§ Your goal
From the data below, return the exact lines starting at the line containing "use test_tools::Made;" and ending at the line containing "fn versions_text(alloc: Global, versions: &[u32])", both included, and nothing else.

[Collected data entries]
*** Begin section ***

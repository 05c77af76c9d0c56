// Replies, answers and refusals in words.
use reg_fold::Refusal;
use reg_leader::{AdoptError, Reply};
use reg_lookup::Answer;
use std::alloc::{AllocError, Global};
use test_tools::Made;

/// A refusal's code and its message.
pub fn refusal_text(alloc: Global, refusal: &Refusal) -> Made<String> {
    let code = refusal.code();
    let message = refusal.message();
    format!(in alloc; "{code} {message}")
}

fn versions_text(alloc: Global, versions: &[u32]) -> Made<String> {
    let mut text = String::from_str(alloc, "versions")?;
    for version in versions {
        write!(text, " {version}")?;
    }
    Ok(text)
}

/// What is replied.
pub fn reply_text(alloc: Global, reply: &Reply) -> Made<String> {
    match reply {
        Reply::Id(id) => format!(in alloc; "id {id}"),
        Reply::Version(version) => format!(in alloc; "version {version}"),
        Reply::Versions(versions) => versions_text(alloc, versions.as_slice()),
        Reply::Level(level) => format!(in alloc; "level {level}"),
        Reply::LevelRemoved(level) => format!(in alloc; "removed level {level}"),
        Reply::Mode(mode) => format!(in alloc; "mode {mode}"),
        Reply::ModeRemoved(mode) => format!(in alloc; "removed mode {mode}"),
        Reply::Nothing => String::from_str(alloc, "nothing"),
        Reply::Refused(refusal) => refusal_text(alloc, refusal),
        Reply::Unsettled(offset) => format!(in alloc; "unsettled {offset}"),
    }
}

/// The status and the body of an answer.
pub fn answer_text(alloc: Global, answer: &Answer) -> Made<String> {
    let status = answer.status;
    let body = answer.body.as_str();
    format!(in alloc; "{status} {body}")
}

/// Why records aren't adopted.
pub fn adoption_error_text(alloc: Global, error: AdoptError) -> Made<String> {
    match error {
        AdoptError::Opaque(offset) => format!(in alloc; "opaque {offset}"),
        AdoptError::TwoSchemas(id) => format!(in alloc; "two schemas {id}"),
        AdoptError::NumbersUsedUp => String::from_str(alloc, "numbers used up"),
        AdoptError::OutOfMemory => Err(AllocError),
    }
}
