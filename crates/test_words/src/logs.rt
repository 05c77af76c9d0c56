// Logs, records and registries, of words and of lines.
use reg_fold::Registry;
use reg_records::{Device, Log, Read, Record, has_line, read_line, read_log, write_line};
use std::alloc::{AllocError, Global};
use test_tools::{CaseError, Made, Said, log_text, rows_of};

/// The log of the records of those words.
pub fn log_of(alloc: Global, records: &[&str]) -> Said<Log> {
    let log = log_text(alloc, records)?;
    let read = read_log(alloc, &mut Device::new(log.as_bytes()));
    read.ok().ok_or(CaseError::NotUnderstood)
}

/// The log without records.
pub fn empty_log(alloc: Global) -> Made<Log> {
    log_of(alloc, &[]).ok().ok_or(AllocError)
}

/// A registry over records.
pub fn registry_of(alloc: Global, records: &[Record]) -> Made<Registry> {
    let mut registry = Registry::empty(alloc);
    registry.apply_all(records)?;
    Ok(registry)
}

/// The lines of a paragraph, without its remarks, with a TAB in the place of each `|` and a LF between two lines.
pub fn lines_in(alloc: Global, paragraph: &str) -> Made<String> {
    let mut lines = String::new(alloc);
    for row in &rows_of(alloc, paragraph)? {
        if !lines.is_empty() {
            lines.push('\n')?;
        }
        lines.push_str(row.replace(alloc, "|", "\t")?.as_str())?;
    }
    Ok(lines)
}

/// The record of a line, which has no LF here.
pub fn record_of(alloc: Global, line: &str) -> Said<Record> {
    let text = format!(in alloc; "{line}\n")?;
    match read_line(alloc, text.as_bytes()) {
        Ok(Read::Record(record)) => Ok(record),
        _ => Err(CaseError::NotUnderstood),
    }
}

/// Adds the lines of records, each with a LF before it and none behind it.
pub fn push_lines(alloc: Global, out: &mut String, records: &[Record]) -> Said<()> {
    for record in records {
        if !has_line(record) {
            return Err(CaseError::NotUnderstood);
        }
        let bytes = write_line(alloc, record)
            .ok()
            .ok_or(CaseError::OutOfMemory)?;
        let line = String::from_utf8_lossy(alloc, bytes.as_slice())?;
        out.push('\n')?;
        out.push_str(
            line.as_str()
                .strip_suffix("\n")
                .unwrap_or("a line without LF"),
        )?;
    }
    Ok(())
}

*** End section ***

§ Task result
use test_tools::Made;

/// A refusal's code and its message.
pub fn refusal_text(alloc: Global, refusal: &Refusal) -> Made<String> {
    let code = refusal.code();
    let message = refusal.message();
    format!(in alloc; "{code} {message}")
}

fn versions_text(alloc: Global, versions: &[u32]) -> Made<String> {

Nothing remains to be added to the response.